Réponse :
On peut lire dans la Massekhet Brakhot (page 36b) que Rabbi Méir s’appuyait sur le Passouk qui ordonne la loi de la Orla, qui curieusement insiste sur le caractère fruitier de l’arbre, pour inclure, dans la liste des arbres soumis à la Orla, l’arbre dont le bois et les fruits sont les deux comestibles. Or, quel est cet arbre ? Le Pilpéline. Le Pilpeline est identifié par les commentateurs et les chercheurs non pas comme les poivrons ou comme ce qui ressemble aux poivrons, mais comme un arbre qui donnerait un fruit piquant, duquel on obtiendrait après préparation, ce que l’on appelle généralement chez nous le poivre noir, et qui accompagne différents plats.
Le Pri ‘Hadach s’étonne du fait que le Rambam, dont les ouvrages sont complets et précis, ne rapporte pas, lui comme d’ailleurs les grands décisionnaires de son époque, le Pilpéline comme étant soumis aux lois de la Orla ?
Il propose de dire que le Rambam n’a pas retenu l’avis de Rabbi Méir, mais celui de ses opposants sur point, les Rabanane.
C’est l’avis aussi du Maharam Ben ‘Haviv. Il est du même avis que le Pri ‘Hadach. A la différence du Maharachdam (Yoré Déa chapitre 81b) qui a écrit le contraire.
Cela aura une implication directe concernant la Brakha à réciter. Le Aroukh Laner le dira : selon le Rif et le Rambam le Pilpéline aura pour Brakha celle de Boré Péri Hahadama, car ils ne sont pas considérés comme des fruits de l’arbre mais davantage comme des fruits de la terre. L’arbre du Pilpéline, en effet, possède des caractéristiques qui l’éloigne de l’arbre classique au sens où les ‘hakhamims l’entendent. On parle du Pilpéline, comme le souligne la Guémara, qui est frai et humide, et non ce qu’on a obtenu après l’avoir séché.
Il ne faut pas oublier ce qu’écrit le Radbaz (partie 3, chapitre 531), à savoir que la raison pour laquelle tous les grands maitres ont toujours autorisé de manger l’aubergine, et n’ont pas craint l’interdit de la Orla, parce qu’il y pousse un fruit, l’aubergine, l’année même où on plante la graine, ce qui n’est pas vraiment ma caractéristique de l’arbre. Donc l’aubergine n’est pas soumise à la Orla, car ce n’est pas un « arbre », et on peut le consommer sans crainte.
D’autres maitres ont même retrouvé cette halakha dans la Tossefta, à savoir qu’un arbre dont le fruit sort la même année que la plantation n’est pas soumis à la Orla, car ce n’est pas un arbre mais un légume.

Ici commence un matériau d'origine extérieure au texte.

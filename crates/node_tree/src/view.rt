//! What commands need of a tree.

ghost use Rattle.std.specs.Prelude.{◌≡◌, ◌+◌, ◌<◌, ◌≤◌, ℕ, [], ◌∷◌, ◌++◌, List, true, false, Some, None, Ok, OnOk, IfSome};
ghost use Rattle.std.specs.Option.{option_copied, option_map};
ghost use Rattle.xs_model.specs.Trees.{Tree, Edit, IsTree, node_at, is_present, children, edited_at, has_entry};
ghost use Rattle.xs_model.specs.Paths.{Path, child, text, path_of};
ghost use Rattle.xs_model.specs.Requests.{is_root};
ghost use Rattle.xs_model.specs.Commands.{removals};
ghost use Rattle.node_tree.specs.KeptTree.{has_parent};
ghost use Rattle.node_tree.specs.Names.{first_name, names_above};

use crate::Node;
use xs_base::NoMemory;
use xs_path::Path;

/// A tree that commands look at and edit: the store's own, or what a transaction sees.
pub trait View {
    /// Its nodes by path.
    ghost nodes: { Self → Tree };

    /// For how many further edits it has memory.
    ghost spare: { Self → ℕ };

    /// What it was, was edited so, and is. It says more than its nodes do, as that a node was written again.
    ghost made: { Self → List Edit → Self → Type 0 };

    /// The node at a path, if there is one.
    fn node(&self, path: &Path) -> Option<&Node>
        ensures node { option_copied result ≡ node_at (nodes self.now) path.now }
        ensures tree { IsTree (nodes self.now) };

    /// The least name above `leaf` among those of the children of a path, an empty `leaf` standing below all.
    fn child_after(&self, path: &Path, leaf: &[u8]) -> Option<&[u8]>
        ensures name { option_map (λ name. name.now) result ≡ first_name (names_above leaf.now (children (nodes self.now) path.now)) }
        // The child's text reads as the child's path.
        ensures spelled { IfSome result (λ name. path_of (text (child path.now name.now)) 0 ≡ Ok (child path.now name.now)) }
        ensures tree { IsTree (nodes self.now) };

    /// Takes memory for so many edits. The nodes are the same afterwards, also where there is no memory.
    fn reserve(&mut self, edits: usize) -> Result<(), NoMemory>
        ensures ok { OnOk result (edits ≤ spare self.new) }
        ensures nodes { nodes self.new ≡ nodes self.old }
        ensures made { made self.old [] self.new }
        ensures spare { spare self.old ≤ spare self.new };

    /// Gives a path its node. It takes no memory but what was reserved.
    fn set(&mut self, path: Path, node: Node)
        requires parent { has_parent (nodes self.old) path ≡ true }
        requires entry { has_entry node.perms ≡ true }
        requires spare { 0 < spare self.old }
        ensures nodes { nodes self.new ≡ edited_at (nodes self.old) path (Some node) }
        ensures made { made self.old ((path, Some node) ∷ []) self.new }
        ensures spare { spare self.old ≤ spare self.new + 1 };

    /// Removes a node that has no children. It takes no memory but what was reserved.
    fn remove(&mut self, path: Path)
        requires below { is_root path ≡ false }
        requires present { is_present (nodes self.old) path ≡ true }
        requires childless { children (nodes self.old) path ≡ [] }
        requires spare { 0 < spare self.old }
        ensures nodes { nodes self.new ≡ edited_at (nodes self.old) path None }
        ensures made { made self.old ((path, None) ∷ []) self.new }
        ensures spare { spare self.old ≤ spare self.new + 1 };

    /// Nothing was made of what stays.
    ghost made_nothing: { (v : Self) → made v [] v };

    /// Edits made after edits.
    ghost made_more: { (u v w : Self) (es fs : List Edit) → made u es v → made v fs w → made u (es ++ fs) w };

    /// A removal made after other removals counts as made before them: so a list of removals that is made from its last
    /// to its first is made.
    ghost made_backwards: { (u v w : Self) (p : Path) (ps : List Path) → made u (removals ps) v → made v ((p, None) ∷ []) w → made u (removals (p ∷ ps)) w };
}
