//! What a tree keeps for a path.

use crate::Node;

/// A node and the number of its path.
#[derive(Debug, Drop)]
pub struct Entry {
    pub node: Node,
    pub generation: u64,
}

Le livre Kol Eliahou (partie 2) écrit les mêmes choses au nom du Rav Garmizon, et Rabbi Yossef ‘Hayim de Bagdad lui aussi, dans son Rav Péalim (chapitre 30) renforcera ce raisonnement, qu’il appuiera lui aussi de la Tossefta.
On comprendra donc aisément ce qu’écrit le Rav Ouziel dans son Michpété Ouziel (Yoré Déa Taniana, chapitre 80), à savoir que les petits piments très piquants ainsi que les aubergines, sont autorisés à a consommation (explication : on ne considère pas ces produits comme étant interdit du fait qu’on ne les consomme que durant les premiers mois depuis la plantation, or durant cette période l’arbre est Orla. Ce qui interdirait à jamais la consommation d’aubergine, par exemple. Car on ne trouvera jamais une aubergine étant restée sur l’arbre suffisamment de temps pour échapper aux lois de la Orla. Tout cela, on ne le dit pas, puisque les aubergines ont toujours été consommées, même par les plus grands).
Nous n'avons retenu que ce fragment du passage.